- _Saved entries_:
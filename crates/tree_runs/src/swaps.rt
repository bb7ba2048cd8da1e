//! Swaps: a merge that is done becomes a component, by one commit of the catalogue.
ghost use Rattle.std.specs.Prelude.{◌≡◌, ◌+◌, ◌<◌, ◌^◌, ℕ, Bool, true, false, List, [], None, length, is_ok, is_some, IsTrue, OnOk, OnErr, IfOk};
ghost use Rattle.disk_trait.specs.Disk.{TellsFaults};
ghost use Rattle.disk_trait.specs.Effects.{Affects};
ghost use Rattle.blsm_model.specs.Geometry.{file_length};
ghost use Rattle.blsm_model.specs.Lanes.{AreRoles};
ghost use Rattle.bloom_bits.specs.Guides.{Guide};
ghost use Rattle.catalog_swap.specs.Text.{HasKey};
ghost use Rattle.record_delta.specs.Entries.{Entries, above, folded_over, replayed, settled_entries};
ghost use Rattle.page_file.specs.Component.{RunPage, HasList, entries_of};
ghost use Rattle.page_file.specs.File.{Writes};
ghost use Rattle.run_writer.specs.Writer.{role_region};
ghost use Rattle.scan_view.specs.Pins.{beside_pins};
ghost use Rattle.tree_file.specs.Tree.{Tree, HoldsTree};
ghost use Rattle.tree_file.specs.Places.{StandsOn, Becomes, ReadsNext, with_components, with_pass};
ghost use Rattle.tree_runs.specs.Runs.{AreRuns, AreRunning, PassRuns, DeepRuns, fences_of_tag, filter_of, guide_at, left_for_pass, left_for_deep, made_by_pass, made_by_deep};
ghost use Rattle.tree_runs.specs.Holding.{AreOf, AreTagged, IsGuidedBy, IsPassOver, IsDeepOver, StandOver, LeavesSwapped, SwapsDeep, SwapsPass, Rotates, IsDeepSwapped, IsPassSwapped, IsRotated, is_full, commit_region, with_deep_run, with_pass_run, with_rotation};
ghost use Rattle.tree_runs.specs.Holding.{AreFinished, HasAllAhead, cursor_of_pass, progress_of};
ghost use Rattle.tree_runs.specs.Swaps.{MayFollow};
ghost use Rattle.tree_runs.specs.Writing.{open_of_deep, open_of_pass};

use crate::guides::begin_deep;
use crate::runs::Runs;
use blsm_model::{Component, Geometry};
use catalog_swap::{Catalog, Progress, commit, prepare};
use disk_trait::Disk;
use mem_table::Table;
use page_file::no_component;
use refusal::Failed;

// Commits the catalogue after the newest one: closes what must be closed before, and writes it.
fn commit_next<D: Disk>(
    disk: &mut D,
    geo: &Geometry,
    now: &Catalog,
    next: &Catalog,
) -> Result<(), Failed>
    requires length { IsTrue (D.state disk.old).tells_bytes → length (D.state disk.old).bytes ≡ file_length geo.now }
    requires roles { AreRoles now.now.lanes }
    requires version { next.now.version ≡ now.now.version + 1 }
    ensures becomes { (tree after : Tree) → IsTrue (D.state disk.old).is_honest → tree.catalogue ≡ now.now → after.catalogue ≡ next.now
        → (HasKey next.now.progress → MayFollow geo.now tree after) → StandsOn geo.now tree (D.state disk.old)
        → ReadsNext geo.now after (D.state disk.old).bytes
        → Becomes geo.now tree after (is_ok result) (D.state disk.old) (D.state disk.new) }
    ensures effect { Affects (commit_region geo.now now.now) (file_length geo.now) 8 (D.state disk.old) (D.state disk.new) }
    ensures faults { TellsFaults result (D.state disk.old) (D.state disk.new) }
{
    prepare(disk, geo, now)?;
    commit(disk, geo, next)
}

- _The task_: Check each line above for the word "Geometry", and copy the lines where it appears.

- _Expected answer_:
ghost use Rattle.blsm_model.specs.Geometry.{file_length};
use blsm_model::{Component, Geometry};
    geo: &Geometry,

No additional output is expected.